"The grocer's wife was trimming her Christmas tree when I got there at three o'clock, and I thought it so pretty I said to myself, he shall have his tree too, and shall know that there is at least one person to think of him. I asked her to show me how to gild apples, and gilded a supply while I was there, and bought the lights and got a sack to put the tree in, so that you shouldn't see it."

"And who gave you the tree?"

"I cut it down myself at the edge of the forest not far from here."

"In the middle of this storm?"

She laughed contemptuously. "A little wind wouldn't hinder me, Herr," And then with a sudden outburst of joyous ecstasy, she exclaimed, "Oh, just look, Herr, how beautifully it burns! How pious it looks. Hasn't it really a sort of pious face, as if an angel had brought it?"
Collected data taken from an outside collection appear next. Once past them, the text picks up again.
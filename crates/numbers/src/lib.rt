// Numbers of 01 as bytes, and their reader: a number's groups are gathered into a scratch array of five, then judged and summed. The
// definitions of the bytes are in specs/.
#![tactic(auto)]

ghost use Rattle.std.specs.Prelude.{◌≡◌, ◌+◌, ◌*◌, ◌<◌};
ghost use Rattle.numbers.specs.ReadAt.{number_told, number_at};
ghost use Rattle.numbers.specs.Gathering.{Groups, summed_with, judged};

use record::Refusal;

// A group before the rest of its number.
fn lowest(group: u8, rest: u32) -> u32
    requires { (group < 128) × (rest < 33554432) }
    ensures { result ≡ group + 128 * rest }
{
    u32::from(group) + 128 * rest
}

// The number of the first four groups and a fifth.
fn sum(groups: [u8; 5], fifth: u8) -> u32
    requires groups { Groups groups }
    requires fifth_bound { fifth < 16 }
    ensures { result ≡ summed_with groups fifth }
{
    let rest = lowest(groups[3], u32::from(fifth));
    let rest = lowest(groups[2], rest);
    let rest = lowest(groups[1], rest);
    lowest(groups[0], rest)
}

// The groups gathered: a last group of zero after another, or a fifth above 15, is refused.
#[tactic(auto, using(crate::proofs::Gathers::summed_five), unfolding(crate::specs::Gathering::judged))]
fn judge(groups: [u8; 5], last: usize, next: usize) -> Result<(u32, usize), Refusal>
    requires groups { Groups groups }
    requires last_bound { last < 5 }
    ensures { number_told result ≡ judged groups last next }
{
    if 0 < last && groups[last] == 0 {
        return Err(Refusal::BadNumber);
    }
    let fifth = groups[4];
    if 15 < fifth {
        return Err(Refusal::BadNumber);
    }
    let number = sum(groups, fifth);
    Ok((number, next))
}

// The number that stands at a place, with the place after it.
#[tactic(auto, using(crate::proofs::Gathers::ways_out), unfolding(crate::proofs::Gathers::after_groups))]
pub fn read_number(bytes: &[u8], at: usize) -> Result<(u32, usize), Refusal>
    ensures { number_told result ≡ number_at bytes.now at }
{
    let mut groups = [0u8; 5];
    let mut next = at;
    for (count, group) in groups.iter_mut().enumerate() {
        if bytes.len() <= next {
            return Err(Refusal::CutShort);
        }
        let byte = bytes[next];
        next += 1;
        if byte < 128 {
            *group = byte;
            return judge(groups, count, next);
        }
        *group = byte - 128;
    }
    Err(Refusal::BadNumber)
}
He assented, laughing, and expressed his thanks in a few words of forced condescension, for he was afraid of being too gracious.

But she was more than satisfied. "Why should you thank me, Herr?" she asked reproachfully. "It's all bought with your money. I have none. I'm only a poor girl. Else, ah, else--" She threw up her hands and clasped them above her head.

The cheque came into his mind. "This is to show you," he said, handing it to her, "that I have thought of your Christmas too."

She looked at him in bewilderment. "Am I to read it?" she asked, respectfully taking the piece of paper between two of her fingers. After studying it carefully, she still looked perplexed.

"Don't you understand what it is?" he asked.